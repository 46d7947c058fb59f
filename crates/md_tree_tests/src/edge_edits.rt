//! Edges of small cographs that are turned.
ghost use Rattle.std.specs.Prelude.{◌≡◌, ◌<◌};
ghost use Rattle.md_tree.specs.Plain.{plain_option};
ghost use Rattle.md_tree.specs.WellFormed.{IsWellFormed};
ghost use Rattle.md_tree.specs.NoPrimes.{HasNoPrime};
ghost use Rattle.md_cotree.specs.Cotrees.{IsSoundCotree, Denotes};

use md_cotree::{Cotree, from_tree};
use md_cotree_edit::{add_edge, del_edge};
use md_graph::{Graph, Steps};
use md_modules::find_p4;
use md_tree::{Tree, graph_of, is_cotree, read_tree, text};
use std::alloc::Global;
use std::marker::Brand;
use std::process::Abort;
use std::sync::ledger::{Blank, Ledger};
use std::test::Fail;

// The tree with this text, which has no prime node.
pub(crate) fn read(rt: &impl Abort, alloc: Global, bytes: &[u8]) -> Option<Tree>
    ensures { IsWellFormed (plain_option result) × HasNoPrime (plain_option result) }
{
    let tree = read_tree(alloc, bytes).ok().expect(rt, "text");
    if let Some(inner) = &tree {
        assert!(rt; is_cotree(inner));
    }
    tree
}

// Deletes the edge between two different vertices, or adds it where there is none; whether that was
// done.
pub(crate) fn toggle_edge<L: Ledger>(
    cotree: &mut Cotree,
    graph: &Graph,
    u: u32,
    v: u32,
    blank: Blank,
) -> bool
    requires name { blank.name ≡ L.name }
    requires parts { blank.parts ≡ L.parts }
    requires some { 0 < blank.parts }
    requires denotes { Denotes cotree.old graph.now }
    ensures { IsSoundCotree cotree.new }
{
    let mut steps = Steps::<L>::new(blank);
    if u == v || !graph.has_vertex(u) || !graph.has_vertex(v) {
        return false;
    }
    if graph.has_edge(u, v) {
        return del_edge(cotree, u, v, &mut steps).is_ok();
    }
    add_edge(cotree, u, v, &mut steps).is_ok()
}

#[test]
fn edges_turn(rt: HostRuntime) -> Result<(), Fail> {
    let alloc = rt.alloc();
    let table = [
        ("S(P(0,1),2)", 0, 1, true, "S(0,1,2)"),
        ("S(0,1,2)", 0, 1, true, "S(P(0,1),2)"),
        ("P(S(0,2),1)", 0, 2, true, "P(0,1,2)"),
        ("P(S(0,P(1,2)),3)", 0, 3, true, "S(0,P(1,2,3))"),
        ("P(S(0,P(1,2)),3)", 3, 0, true, "S(0,P(1,2,3))"),
        ("P(S(0,1),2,3)", 0, 2, true, "P(S(0,P(1,2)),3)"),
        ("S(P(0,1,2),3)", 3, 0, true, "P(0,S(P(1,2),3))"),
        ("P(0,1)", 0, 1, true, "S(0,1)"),
        ("S(0,1)", 1, 0, true, "P(0,1)"),
        ("S(P(0,1),P(2,3))", 0, 2, false, "S(P(0,1),P(2,3))"),
        ("P(S(0,1),S(2,3))", 0, 2, false, "P(S(0,1),S(2,3))"),
        (
            "P(S(0,P(1,S(2,3))),4)",
            4,
            2,
            false,
            "P(S(0,P(1,S(2,3))),4)",
        ),
    ];
    for (before, u, v, done, after) in &table {
        let (is_done, text) = toggle_in_text(&rt, alloc, before.as_bytes(), *u, *v)?;
        assert_eq!(rt; is_done, *done);
        assert!(rt; text.as_slice() == after.as_bytes());
    }
    Ok(())
}

// What comes of turning an edge of the cotree of this tree: whether it was done, and the tree then.
fn toggle_in_text(
    rt: &impl Abort,
    alloc: Global,
    before: &[u8],
    u: u32,
    v: u32,
) -> Result<(bool, Vec<u8>), Fail> {
    let tree = read(rt, alloc, before);
    let mut graph = Graph::new(alloc)?;
    graph_of(&tree, &mut graph);
    let mut cotree = from_tree(alloc, &tree)?;
    let done = toggle_edge::<Brand>(&mut cotree, &graph, u, v, Blank::new(1));
    let back = cotree.to_tree(alloc)?;
    let after = text(alloc, &back)?;
    Ok((done, after))
}

// The graph of the tree with this text.
pub(crate) fn plain(rt: &impl Abort, alloc: Global, bytes: &[u8]) -> Result<Graph, Fail> {
    let tree = read(rt, alloc, bytes);
    let mut graph = Graph::new(alloc)?;
    graph_of(&tree, &mut graph);
    Ok(graph)
}

// Deletes the edge between two vertices, or adds it where there is none.
fn toggle(rt: &impl Abort, graph: &mut Graph, u: u32, v: u32) {
    assert!(rt; u != v);
    assert!(rt; graph.has_vertex(u));
    assert!(rt; graph.has_vertex(v));
    if graph.has_edge(u, v) {
        graph.remove_edge(u, v);
    } else {
        graph.add_edge(u, v);
    }
}

// Sees that turning an edge came to what the plain change of the graph tells: it is done exactly
// where the changed graph is a cograph, and the tree is then of that graph; else the tree stays.
fn compare(
    rt: &impl Abort,
    alloc: Global,
    before: &[u8],
    edge: (u32, u32),
    done: bool,
    after: &[u8],
) -> Result<(), Fail> {
    let mut graph = plain(rt, alloc, before)?;
    toggle(rt, &mut graph, edge.0, edge.1);
    let other = plain(rt, alloc, after)?;
    if find_p4(&graph).is_some() {
        assert!(rt; !done);
        assert!(rt; before == after);
        return Ok(());
    }
    assert!(rt; done);
    assert!(rt; graph.vertices().is_same(other.vertices()));
    for w in 0..5 {
        assert!(rt; graph.row(w).is_same(other.row(w)));
    }
    Ok(())
}

// The pairs of the first five names, each with a bit of its own.
const PAIRS: [(u32, u32, usize); 10] = [
    (0, 1, 1),
    (0, 2, 2),
    (1, 2, 4),
    (0, 3, 8),
    (1, 3, 16),
    (2, 3, 32),
    (0, 4, 64),
    (1, 4, 128),
    (2, 4, 256),
    (3, 4, 512),
];

// The sets of these pairs that are the edges of a tree that was come to, and the trees whose edges
// are still to be turned, each with its set.
#[derive(Drop)]
struct Walk {
    seen: [bool; 1024],
    waiting: Vec<(usize, Vec<u8>)>,
}

// Turns each of the pairs in the tree, and compares.
fn turn_each(
    rt: &impl Abort,
    alloc: Global,
    mask: usize,
    before: &[u8],
    pairs: &[(u32, u32, usize)],
    walk: &mut Walk,
) -> Result<(), Fail> {
    for (u, v, bit) in pairs {
        let (done, after) = toggle_in_text(rt, alloc, before, *u, *v)?;
        compare(rt, alloc, before, (*u, *v), done, &after)?;
        let next = (mask ^ *bit) % 1024;
        if done && !walk.seen[next] {
            walk.seen[next] = true;
            walk.waiting.push((next, after))?;
        }
    }
    Ok(())
}

// How many cographs turning edges leads to, from the one without edges.
fn number_of_cographs(
    rt: &impl Abort,
    alloc: Global,
    first: &[u8],
    pairs: &[(u32, u32, usize)],
) -> Result<u32, Fail> {
    let mut walk = Walk {
        seen: [false; 1024],
        waiting: Vec::new(alloc),
    };
    let mut start = Vec::new(alloc);
    start.extend_from_slice(first)?;
    walk.seen[0] = true;
    walk.waiting.push((0, start))?;
    let mut number: u32 = 0;
    for _ in 0..1024 {
        let Some((mask, before)) = walk.waiting.pop() else {
            return Ok(number);
        };
        turn_each(rt, alloc, mask, &before, pairs, &mut walk)?;
        number = number.saturating_add(1);
    }
    Ok(number)
}

#[test]
fn edges_of_all_cographs_turn(rt: HostRuntime) -> Result<(), Fail> {
    let alloc = rt.alloc();
    assert_eq!(rt; number_of_cographs(&rt, alloc, b"P(0,1)", &PAIRS[..1])?, 2);
    assert_eq!(rt;
        number_of_cographs(&rt, alloc, b"P(0,1,2)", &PAIRS[..3])?,
        8
    );
    assert_eq!(rt;
        number_of_cographs(&rt, alloc, b"P(0,1,2,3)", &PAIRS[..6])?,
        52
    );
    assert_eq!(rt;
        number_of_cographs(&rt, alloc, b"P(0,1,2,3,4)", &PAIRS)?,
        472
    );
    Ok(())
}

▸ Exercise prompt
From the top of the material above, please transcribe each line exactly. Include the line with "blank.parts ≡ L.parts" and end there.

▸ The completed task
repository 46d7947c058fb59f
filename crates/md_tree_tests/src/edge_edits.rt
//! Edges of small cographs that are turned.
ghost use Rattle.std.specs.Prelude.{◌≡◌, ◌<◌};
ghost use Rattle.md_tree.specs.Plain.{plain_option};
ghost use Rattle.md_tree.specs.WellFormed.{IsWellFormed};
ghost use Rattle.md_tree.specs.NoPrimes.{HasNoPrime};
ghost use Rattle.md_cotree.specs.Cotrees.{IsSoundCotree, Denotes};

use md_cotree::{Cotree, from_tree};
use md_cotree_edit::{add_edge, del_edge};
use md_graph::{Graph, Steps};
use md_modules::find_p4;
use md_tree::{Tree, graph_of, is_cotree, read_tree, text};
use std::alloc::Global;
use std::marker::Brand;
use std::process::Abort;
use std::sync::ledger::{Blank, Ledger};
use std::test::Fail;

// The tree with this text, which has no prime node.
pub(crate) fn read(rt: &impl Abort, alloc: Global, bytes: &[u8]) -> Option<Tree>
    ensures { IsWellFormed (plain_option result) × HasNoPrime (plain_option result) }
{
    let tree = read_tree(alloc, bytes).ok().expect(rt, "text");
    if let Some(inner) = &tree {
        assert!(rt; is_cotree(inner));
    }
    tree
}

// Deletes the edge between two different vertices, or adds it where there is none; whether that was
// done.
pub(crate) fn toggle_edge<L: Ledger>(
    cotree: &mut Cotree,
    graph: &Graph,
    u: u32,
    v: u32,
    blank: Blank,
) -> bool
    requires name { blank.name ≡ L.name }
    requires parts { blank.parts ≡ L.parts }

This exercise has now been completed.